Find \[ \int_{0}^{\theta}\frac{1}{1-a\cos x}\,\mathrm{d}x\,, \] where \(0 < \theta < \pi\) and \(-1 < a < 1.\) Hence show that \[ \int_{0}^{\frac{1}{2}\pi}\frac{1}{2-a\cos x}\,\mathrm{d}x=\frac{2}{\sqrt{4-a^{2}}}\tan^{-1}\sqrt{\frac{2+a}{2-a}}\,, \] and also that \[ \int_{0}^{\frac{3}{4}\pi}\frac{1}{\sqrt{2}+\cos x}\,\mathrm{d}x=\frac{\pi}{2}\,. \]

Find the integers \(k\) satisfying the inequality \(k\leqslant2(k-2).\) Given that \(N\) is a strictly positive integer consider the problem of finding strictly positive integers whose sum is \(N\) and whose product is as large as possible. Call this largest possible product \(P(N).\) Show that \(P(5)=2\times3,P(6)=3^{2},P(7)=2^{2}\times3,P(8)=2\times3^{2}\) and \(P(9)=3^{3}.\) Find \(P(1000)\) explaining your reasoning carefully.

Show, using de Moivre's theorem, or otherwise, that \[ \tan7\theta=\frac{t(t^{6}-21t^{4}+35t^{2}-7)}{7t^{6}-35t^{4}+21t^{2}-1}\,, \] where \(t=\tan\theta.\)
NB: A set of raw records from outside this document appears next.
//! The answers to the questions `stop` and `fault`: a change that is cut off after some calls, with
//! the recovery of each crash image; and a change one of whose calls fails, with recoveries that
//! fail too. The rules are in `docs/crash-safety.md`, "A change of several files" and "Recovery".
use crate::journal::changing::{Reached, StagedChange, add_reached, change_named, run_change};
use crate::tree_words::{add_count, long_at, text_of, tree_of};
use base_core::Words;
use journal_recovery::recover;
use row_lines::{Answer, word_at};
use std::alloc::{AllocError, Global};
use tree_memory::MemoryTree;

/// How many pairs of failing calls are tried at most: one call of the first recovery, and one of
/// the second. Each row has fewer pairs.
const MOST_PAIRS: u64 = 6400;

/// The index of the first word of a row that names a file. The words before it are the question,
/// CHANGE and CALLS or CALL.
const FIRST_FILE_WORD: usize = 3;

/// The change of a row, the files before and after it, and counts of recovered trees by the files
/// that they have.
struct Sweep {
    /// The change of the row.
    change: StagedChange,
    /// How far the change came when it was last made.
    reached: Reached,
    /// The files before the change, each as `NAME=BYTES`.
    old_files: Vec<u8>,
    /// The files after the change, each as `NAME=BYTES`.
    new_files: Vec<u8>,
    /// How many trees have the files before the change.
    old: u64,
    /// How many trees have the files after the change.
    new: u64,
    /// How many trees have other files, or were not recovered, or have other files after a further
    /// crash and recovery.
    other: u64,
}

/// Drops the parts in one call, so that a function that gives up has one drop and not many.
impl Drop for Sweep {
    fn drop(self) {
        let Sweep {
            change: _,
            reached: _,
            old_files: _,
            new_files: _,
            old: _,
            new: _,
            other: _,
        } = self;
    }
}

/// Which files a tree has, of those that a sweep compares.
#[derive(Clone, Copy)]
enum Files {
    /// The files before the change.
    Old,
    /// The files after the change.
    New,
    /// Other files.
    Other,
}

impl Sweep {
    /// The change of a row with its files, before any tree is recovered. None if the row names no
    /// change, or the change does not finish.
    fn of_row(alloc: Global, words: &Words) -> Result<Option<Sweep>, AllocError> {
        let Some(change) = change_named(word_at(words, 1)) else {
            return Ok(None);
        };
        let mut tree = tree_of(alloc, words, FIRST_FILE_WORD)?;
        let old_files = text_of(alloc, &tree)?;
        if !matches!(run_change(alloc, change, &mut tree), Reached::Finished) {
            return Ok(None);
        }
        let new_files = text_of(alloc, &tree)?;
        Ok(Some(Sweep {
            change,
            reached: Reached::Finished,
            old_files,
            new_files,
            old: 0,
            new: 0,
            other: 0,
        }))
    }

    /// Recovers the tree, and counts it by the files that it then has. It counts as other if the
    /// recovery fails, or if the crash image that `choice` stands for does not recover to the same
    /// files.
    fn count_recovery(
        &mut self,
        alloc: Global,
        tree: &mut MemoryTree,
        choice: u64,
    ) -> Result<(), AllocError> {
        let files = self.recovered_files(alloc, tree)?;
        let mut image = tree.pick_image(alloc, choice)?;
        match (files, self.recovered_files(alloc, &mut image)?) {
            (Files::Old, Files::Old) => self.old = self.old.saturating_add(1),
            (Files::New, Files::New) => self.new = self.new.saturating_add(1),
            _ => self.other = self.other.saturating_add(1),
        }
        Ok(())
    }

    /// Recovers the tree, and returns which files it then has: `Other` if the recovery fails.
    fn recovered_files(&self, alloc: Global, tree: &mut MemoryTree) -> Result<Files, AllocError> {
        if recover(alloc, tree).is_err() {
            return Ok(Files::Other);
        }
        let files = text_of(alloc, tree)?;
        if files == self.old_files {
            return Ok(Files::Old);
        }
        if files == self.new_files {
            return Ok(Files::New);
        }
        Ok(Files::Other)
    }

    /// Adds the three counts, each after its word `old`, `new` or `other`.
    fn add_counts(&self, answer: &mut Answer) {
        add_count(answer, b"old", self.old);
        add_count(answer, b"new", self.new);
        add_count(answer, b"other", self.other)
    }
}

// ---- `stop`: changes that are cut off

/// Answers `stop CHANGE CALLS (NAME BYTES)..`: adds how far the change comes on a tree with these
/// files that stops after CALLS calls. Then adds how many maps of names a crash may leave, and how
/// many crash images recover to the old, to the new, and to other files.
pub(crate) fn add_stop(
    alloc: Global,
    words: &Words,
    answer: &mut Answer,
) -> Result<(), AllocError> {
    let Some(mut sweep) = Sweep::of_row(alloc, words)? else {
        answer.push(b"no change");
        return Ok(());
    };
    sweep.add_stop(alloc, words, answer)
}

impl Sweep {
    /// Adds the answer for the change, stopped after as many calls as the row says.
    fn add_stop(
        &mut self,
        alloc: Global,
        words: &Words,
        answer: &mut Answer,
    ) -> Result<(), AllocError> {
        let mut tree = tree_of(alloc, words, FIRST_FILE_WORD)?;
        tree.stop_after(long_at(words, 2));
        add_reached(answer, run_change(alloc, self.change, &mut tree));
        add_count(answer, b"maps", tree.maps());
        self.count_images(alloc, &tree)?;
        self.add_counts(answer);
        Ok(())
    }

    /// Recovers and counts each crash image of the tree.
    fn count_images(&mut self, alloc: Global, tree: &MemoryTree) -> Result<(), AllocError> {
        // Each number `choice` stands for a map of names, and one of three contents of unsynced
        // files.
        for choice in 0..tree.picks().saturating_mul(3) {
            let mut image = tree.pick_image(alloc, choice)?;
            self.count_recovery(alloc, &mut image, choice)?;
        }
        Ok(())
    }
}

// ---- `fault`: calls that fail

/// Answers `fault CHANGE CALL (NAME BYTES)..`: adds how far the change comes if its call number
/// CALL fails. Then two recoveries fail, at each pair of their calls in turn. Adds in how many of
/// these runs the third recovery leaves the old, the new, or other files.
pub(crate) fn add_fault(
    alloc: Global,
    words: &Words,
    answer: &mut Answer,
) -> Result<(), AllocError> {
    let Some(mut sweep) = Sweep::of_row(alloc, words)? else {
        answer.push(b"no change");
        return Ok(());
    };
    sweep.add_fault(alloc, words, answer)
}

/// In which of the two recoveries after a change a call has failed.
#[derive(Clone, Copy)]
enum Failed {
    /// A call of the second recovery has failed.
    Second,
    /// Only a call of the first recovery has failed.
    First,
    /// No call has failed.
    Neither,
}

impl Sweep {
    /// Adds the answer for the change, in which the call fails that the row names.
    fn add_fault(
        &mut self,
        alloc: Global,
        words: &Words,
        answer: &mut Answer,
    ) -> Result<(), AllocError> {
        // The numbers of the calls that are to fail, counted from 1: one of the first recovery, and
        // one of the second.
        let mut first = 1u64;
        let mut second = 1u64;
        for _ in 0..MOST_PAIRS {
            match self.count_faults(alloc, words, first, second)? {
                Failed::Second => second = second.saturating_add(1),
                Failed::First => {
                    first = first.saturating_add(1);
                    second = 1;
                }
                Failed::Neither => break,
            }
        }
        add_reached(answer, self.reached);
        self.add_counts(answer);
        Ok(())
    }

    /// Makes the change, of which the call fails that the row names. Then makes two recoveries in
    /// which the calls with these numbers are to fail, and counts a third one without a failure.
    fn count_faults(
        &mut self,
        alloc: Global,
        words: &Words,
        first: u64,
        second: u64,
    ) -> Result<Failed, AllocError> {
        let mut tree = tree_of(alloc, words, FIRST_FILE_WORD)?;
        tree.fail_at(&[long_at(words, 2)])?;
        self.reached = run_change(alloc, self.change, &mut tree);
        let first_fails = recovery_fails(alloc, &mut tree, first)?;
        let second_fails = recovery_fails(alloc, &mut tree, second)?;
        // The last argument picks the crash image that is recovered after the third recovery.
        self.count_recovery(alloc, &mut tree, second)?;
        Ok(match (first_fails, second_fails) {
            (_, true) => Failed::Second,
            (true, false) => Failed::First,
            (false, false) => Failed::Neither,
        })
    }
}

/// Whether a recovery of the tree fails if its call number `call` is to fail.
fn recovery_fails(alloc: Global, tree: &mut MemoryTree, call: u64) -> Result<bool, AllocError> {
    tree.fail_at(&[call])?;
    let fails = recover(alloc, tree).is_err();
    // From here on no call is to fail.
    tree.fail_at(&[])?;
    Ok(fails)
}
1. By considering the equation \(\tan7\theta=0,\) or otherwise, obtain a cubic equation with integer coefficients whose roots are \[ \tan^{2}\left(\frac{\pi}{7}\right),\ \tan^{2}\left(\frac{2\pi}{7}\right)\ \mbox{ and }\tan^{2}\left(\frac{3\pi}{7}\right) \] and deduce the value of \[ \tan\left(\frac{\pi}{7}\right)\tan\left(\frac{2\pi}{7}\right)\tan\left(\frac{3\pi}{7}\right)\,. \]
2. Find, without using a calculator, the value of \[ \tan^{2}\left(\frac{\pi}{14}\right)+\tan^{2}\left(\frac{3\pi}{14}\right)+\tan^{2}\left(\frac{5\pi}{14}\right)\,. \]
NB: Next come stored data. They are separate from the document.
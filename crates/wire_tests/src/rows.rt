//! What is asked of nodes, and what there is to see then, as plain data.
use erl_term::Refusal;
use link_core::End;

/// A process of a node's first incarnation, by the node's place among all nodes and its id.
#[derive(Clone, Copy)]
pub struct Process {
    pub place: usize,
    pub id: u32,
}

/// What a caller asks of a node.
#[derive(Clone, Copy)]
pub enum Ask {
    Spawn,
    /// A process sends another the number 7.
    Send(Process, Process),
    /// A process sends another a binary of so many bytes.
    SendBinary(Process, Process, usize),
    Link(Process, Process),
    /// The node dials the one at this place.
    Dial(usize),
    Stop,
    Start,
}

/// What comes of it.
#[derive(Clone, Copy, PartialEq, Eq)]
pub enum Told {
    /// It is done. The receipt has this node, position and stamp.
    Done(usize, usize, u64),
    /// The node refuses, and the receipt has this node, position and stamp.
    Refused(usize, usize, u64),
    /// The call is refused, and there is no receipt.
    NotCalled(Refusal),
}

/// The name of a node, and its cookie.
pub type Named = (&'static str, &'static str);

/// Some that follow one another: from the first of these places on, before the second.
pub type Range = (usize, usize);

/// A row of a story. Books, and the seats beside them, are told by their places in the story.
#[derive(Clone, Copy)]
pub enum Row {
    /// What a seat asks of a book comes to this.
    Asks(usize, usize, Ask, Told),
    /// A seat asks its own book so often, which does it each time.
    Repeats(usize, Ask, u32),
    /// The half of the connection that the first book has dialed is taken up by the second, or isn't.
    Hands(usize, usize, bool),
    /// All that waits passes between two books, in turns.
    Settles(usize, usize),
    /// A book puts pieces of so many bytes at most from now on.
    SetsPiece(usize, usize),
    /// A book puts so many pieces on its wire.
    Flushes(usize, u64),
    /// Whether a book takes a piece off its wire.
    Fetches(usize, bool),
    /// A book takes so many pieces off its wire, and nothing is ready after any of them.
    Gathers(usize, u32),
    /// Whether something has come to a book that its node may take.
    IsReady(usize, bool),
    /// So many parcels a book has put on its wire.
    HasPut(usize, usize),
    /// So many parcels a book has taken of its wire.
    HasTaken(usize, usize),
    /// So many entries a book has.
    HasEntries(usize, usize),
    /// So many receipts a seat has.
    HasReceipts(usize, usize),
    /// Whether the node of a book is up.
    IsUp(usize, bool),
    /// Whether the connection is up at the first book towards the node of the second.
    IsConnected(usize, usize, bool),
    /// What the first process has of its link with the second, at a book.
    Has(usize, Process, Process, End),
    /// The books of these nodes, and of these places, with the seats of these places, merge into entries
    /// of these nodes and stamps, or give this error.
    Merges(&'static [Named], Range, Range, &'static str),
}

/// A book of which a story is told: the names of all nodes, the place of its own among them, and the
/// cookie.
#[derive(Clone, Copy)]
pub struct Kept {
    pub names: &'static [&'static str],
    pub place: usize,
    pub cookie: &'static str,
}

/// Rows of a story, with the places of the books that they tell of. None stand for the first, the second
/// and so on.
#[derive(Clone, Copy)]
pub struct Part {
    pub of: &'static [usize],
    pub rows: &'static [Row],
}

/// A story of some books.
#[derive(Clone, Copy)]
pub struct Story {
    pub name: &'static str,
    pub books: &'static [Kept],
    pub parts: &'static [Part],
}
1. Let \(S\) be the set of matrices of the form \[ \begin{pmatrix}a & a\\ a & a \end{pmatrix}, \] where \(a\) is any real non-zero number. Show that \(S\) is closed under matrix multiplication and, further, that \(S\) is a group under matrix multiplication.
2. Let \(G\) be a set of \(n\times n\) matrices which is a group under matrix multiplication, with identity element \(\mathbf{E}.\) By considering equations of the form \(\mathbf{BC=D}\) for suitable elements \(\mathbf{B},\) \(\mathbf{C}\) and \(\mathbf{D}\) of \(G\), show that if a given element \(\mathbf{A}\) of \(G\) is a singular matrix (i.e. \(\det\mathbf{A}=0\)), then all elements of \(G\) are singular. Give, with justification, an example of such a group of singular matrices in the case \(n=3.\)
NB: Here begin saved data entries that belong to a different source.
//! Pieces on a wire, and parcels between two ports.
ghost use Rattle.std.specs.Prelude.{◌≡◌, [], IfSome};
ghost use Rattle.wire_core.specs.Spellings.{SpellsItem};
ghost use Rattle.wire_tests.specs.Whole.{AreItems};

use crate::acts::{name, trunk};
use crate::telling::{Machine, Wrong, check};
use erl_names::{NodeName, TrunkId};
use erl_term::Refusal;
use std::alloc::{AllocError, Global};
use std::sync::Wait;
use std::thread::{join, yield_now};
use wire_core::{
    CAPACITY, Direction, LONGEST, Offer, Parcel, Piece, Port, Spelling, WireIn, WireOut, audit,
    connect, wire,
};

/// So many pieces pass from thread to thread.
const COUNT: u64 = 10_000;

/// What ticks carry.
pub fn tick(alloc: Global) -> Result<Spelling, AllocError> {
    Ok(Spelling::new(vec![in alloc; 0; 4]?))
}

/// A parcel that carries this, at this place in its direction.
pub fn parcel(trunk: &TrunkId, seq: u64, bytes: &Spelling) -> Result<Parcel, AllocError> {
    Ok(Parcel {
        trunk: trunk.clone()?,
        towards: Direction::ToAcceptor,
        seq,
        stamp: seq.wrapping_add(1),
        bytes: bytes.clone()?,
    })
}

/// So many parcels in order that carry this.
pub fn parcels(alloc: Global, bytes: &Spelling, count: u64) -> Result<Vec<Parcel>, Refusal> {
    let trunk = trunk(alloc)?;
    let mut all = Vec::new(alloc);
    for seq in 0..count {
        all.push(parcel(&trunk, seq, bytes)?)?;
    }
    Ok(all)
}

// The one piece of a parcel that isn't too long for it.
fn piece(parcel: Parcel) -> Option<Piece>
    ensures { IfSome result (λ piece. SpellsItem piece.bytes) }
{
    let Parcel { stamp, bytes, .. } = parcel;
    let bytes = bytes.into_bytes();
    if bytes.len() == 0 || bytes.len() > LONGEST {
        return None;
    }
    Some(Piece::new(stamp, bytes))
}

// Tries until there is room.
fn put<R: Wait>(rt: &R, out: &mut WireOut, piece: Piece)
    requires before { AreItems out.old.pieces }
    requires item { SpellsItem piece.bytes }
    ensures wire { out.new.wire ≡ out.old.wire }
    ensures after { AreItems out.new.pieces }
{
    let mut waiting = piece;
    for _ in rt.forever() {
        match out.put(rt, waiting) {
            Ok(()) => return,
            Err(back) => waiting = back,
        }
        yield_now();
    }
    unreachable!()
}

fn put_all<R: Wait>(rt: &R, mut out: WireOut, parcels: Vec<Parcel>) -> WireOut
    requires { out.pieces ≡ [] }
    ensures { result.wire ≡ out.wire }
{
    for parcel in parcels {
        if let Some(piece) = piece(parcel) {
            put(rt, &mut out, piece);
        }
    }
    out
}

// Tries until there is one.
fn take<R: Wait>(rt: &R, into: &mut WireIn) -> Piece
    ensures { into.new.wire ≡ into.old.wire }
{
    for _ in rt.forever() {
        if let Some(piece) = into.take(rt) {
            return piece;
        }
        yield_now();
    }
    unreachable!()
}

// Whether so many pieces come in their order, with these bytes each.
fn take_all<R: Wait>(rt: &R, mut into: WireIn, count: u64, bytes: &[u8]) -> (WireIn, bool)
    ensures { result.0.wire ≡ into.wire }
{
    let mut in_order = true;
    for seq in 0..count {
        let piece = take(rt, &mut into);
        in_order &= piece.stamp() == seq.wrapping_add(1) && piece.as_slice() == bytes;
    }
    (into, in_order)
}

/// What comes of it where pieces pass.
#[derive(Clone, Copy)]
pub struct Passed {
    /// Whether they come in their order, and with their bytes.
    pub in_order: bool,
    /// How many the wire still holds.
    pub left: u64,
}

/// Parcels that have these bytes each pass over a wire from one thread to another, each as one piece.
pub fn pass<R: Machine>(
    rt: &R,
    alloc: Global,
    parcels: Vec<Parcel>,
    bytes: &[u8],
) -> Result<Passed, AllocError> {
    let (out, into) = wire(alloc)?;
    let count = parcels.len() as u64;
    let (out, (into, in_order)) = join(
        rt,
        move ||
            requires { out.pieces ≡ [] }
            ensures { result.wire ≡ out.wire }
        { put_all(rt, out, parcels) },
        move ||
            ensures { result.0.wire ≡ into.wire }
        { take_all(rt, into, count, bytes) },
    );
    Ok(Passed {
        in_order,
        left: audit(rt, out, into),
    })
}

/// Pieces pass from thread to thread in their order, and none is left.
pub fn two_threads<R: Machine>(rt: &R, alloc: Global) -> Result<(), Wrong> {
    let bytes = tick(alloc)?;
    let parcels = parcels(alloc, &bytes, COUNT)?;
    let passed = pass(rt, alloc, parcels, bytes.as_slice())?;
    check(1, passed.in_order)?;
    check(2, passed.left == 0)
}

// Puts the piece of a parcel. The stamp of one that came back.
fn try_put<R: Wait>(rt: &R, out: &mut WireOut, parcel: Parcel) -> Option<u64>
    requires { AreItems out.old.pieces }
    ensures { AreItems out.new.pieces }
{
    match piece(parcel) {
        Some(piece) => match out.put(rt, piece) {
            Ok(()) => None,
            Err(back) => Some(back.stamp()),
        },
        None => Some(0),
    }
}

// The stamp of the piece that was taken.
fn stamp(taken: Option<Piece>) -> Option<u64> {
    match taken {
        Some(piece) => Some(piece.stamp()),
        None => None,
    }
}

// Whether so many pieces are put that the wire is full.
fn fills<R: Wait>(
    rt: &R,
    out: &mut WireOut,
    trunk: &TrunkId,
    bytes: &Spelling,
) -> Result<bool, AllocError>
    requires { AreItems out.old.pieces }
    ensures { AreItems out.new.pieces }
{
    for seq in 0..CAPACITY as u64 {
        if try_put(rt, out, parcel(trunk, seq, bytes)?).is_some() {
            return Ok(false);
        }
    }
    Ok(true)
}

fn overfill<R: Wait>(
    rt: &R,
    out: &mut WireOut,
    into: &mut WireIn,
    trunk: &TrunkId,
    bytes: &Spelling,
) -> Result<(), Wrong>
    requires { AreItems out.old.pieces }
{
    check(1, fills(rt, out, trunk, bytes)?)?;
    let more = parcel(trunk, 64, bytes)?;
    check(2, try_put(rt, out, more) == Some(65))?;
    check(3, stamp(into.take(rt)) == Some(1))?;
    let more = parcel(trunk, 64, bytes)?;
    check(4, try_put(rt, out, more).is_none())
}

/// A full wire gives a piece back, and takes it when another was taken.
pub fn full_wire<R: Machine>(rt: &R, alloc: Global) -> Result<(), Wrong> {
    let bytes = tick(alloc)?;
    let (dialer, acceptor) = connect(alloc, trunk(alloc)?)?;
    let Offer { mut out, .. } = dialer;
    let Offer {
        mut into,
        trunk,
        ..
    } = acceptor;
    let filled = overfill(rt, &mut out, &mut into, &trunk, &bytes);
    drop(out);
    drop(into);
    drop(trunk);
    filled
}

/// What two ports are called for, and what they answer.
#[derive(Clone, Copy)]
enum Step {
    /// The one is to send a parcel of this number in its direction, from 1.
    Send(u64),
    /// Whether it puts one.
    Flush(bool),
    /// So many it has put.
    HasPut(usize),
    /// Whether the other takes one.
    Fetch(bool),
    /// The number of the one that comes next there.
    Next(Option<u64>),
    /// That one has come.
    DropFirst,
    /// So many it has taken.
    HasTaken(usize),
}

/// Two parcels, each of which comes when the one before has.
const STEPS: &[Step] = &[
    Step::Flush(false),
    Step::Send(1),
    Step::Send(2),
    Step::Flush(true),
    Step::Flush(true),
    Step::Flush(false),
    Step::HasPut(2),
    Step::Fetch(true),
    Step::Fetch(false),
    Step::Next(Some(1)),
    Step::DropFirst,
    Step::Fetch(true),
    Step::Next(Some(2)),
    Step::DropFirst,
    Step::Fetch(false),
    Step::Next(None),
    Step::HasTaken(2),
];

// Returns the number in its direction of the parcel that comes next.
fn next(port: &Port) -> Option<u64> {
    match port.first() {
        Some(parcel) => Some(parcel.seq),
        None => None,
    }
}

fn holds<R: Wait>(
    rt: &R,
    trunk: &TrunkId,
    bytes: &Spelling,
    from: &mut Port,
    to: &mut Port,
    step: Step,
) -> Result<bool, AllocError> {
    match step {
        Step::Send(seq) => {
            from.send(parcel(trunk, seq, bytes)?)?;
            Ok(true)
        }
        Step::Flush(does) => Ok(from.flush(rt)? == does),
        Step::HasPut(count) => Ok(from.put().len() == count),
        Step::Fetch(does) => Ok(to.fetch(rt)? == does),
        Step::Next(seq) => Ok(next(to) == seq),
        Step::DropFirst => {
            to.drop_first();
            Ok(true)
        }
        Step::HasTaken(count) => Ok(to.taken().len() == count),
    }
}

fn step_all<R: Wait>(
    rt: &R,
    alloc: Global,
    trunk: &TrunkId,
    from: &mut Port,
    to: &mut Port,
) -> Result<(), Wrong> {
    let bytes = tick(alloc)?;
    let mut number = 0u32;
    for step in STEPS {
        number = number.saturating_add(1);
        if !holds(rt, trunk, &bytes, from, to, *step)? {
            return Err(Wrong::Row(number));
        }
    }
    Ok(())
}

fn pass_two<R: Wait>(
    rt: &R,
    alloc: Global,
    trunk: &TrunkId,
    dialer: Offer,
    acceptor: Offer,
) -> Result<(), Wrong> {
    let ours = NodeName::read(alloc, name(0))?;
    let theirs = NodeName::read(alloc, name(1))?;
    let mut from = Port::new(alloc, theirs, dialer);
    let mut to = Port::new(alloc, ours, acceptor);
    let passed = step_all(rt, alloc, trunk, &mut from, &mut to);
    drop(from);
    drop(to);
    passed
}

/// Two parcels pass from one port to the other.
pub fn two_ports<R: Machine>(rt: &R, alloc: Global) -> Result<(), Wrong> {
    let trunk = trunk(alloc)?;
    let (dialer, acceptor) = connect(alloc, trunk.clone()?)?;
    let passed = pass_two(rt, alloc, &trunk, dialer, acceptor);
    drop(trunk);
    passed
}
1. If \(x+y+z=\alpha,\) \(xy+yz+zx=\beta\) and \(xyz=\gamma,\) find numbers \(A,B\) and \(C\) such that \[ x^{3}+y^{3}+z^{3}=A\alpha^{3}+B\alpha\beta+C\gamma. \] Solve the equations \begin{alignat*}{1} x+y+z & =1\\ x^{2}+y^{2}+z^{2} & =3\\ x^{3}+y^{3}+z^{3} & =4. \end{alignat*}
2. The area of a triangle whose sides are \(a,b\) and \(c\) is given by the formula \[ \mathrm{area}=\sqrt{s(s-a)(s-b)(s-c)} \] where \(s\) is the semi-perimeter \(\frac{1}{2}(a+b+c).\) If \(a,b\) and \(c\) are the roots of the equation \[ x^{3}-16x^{2}+81x-128=0, \] find the area of the triangle.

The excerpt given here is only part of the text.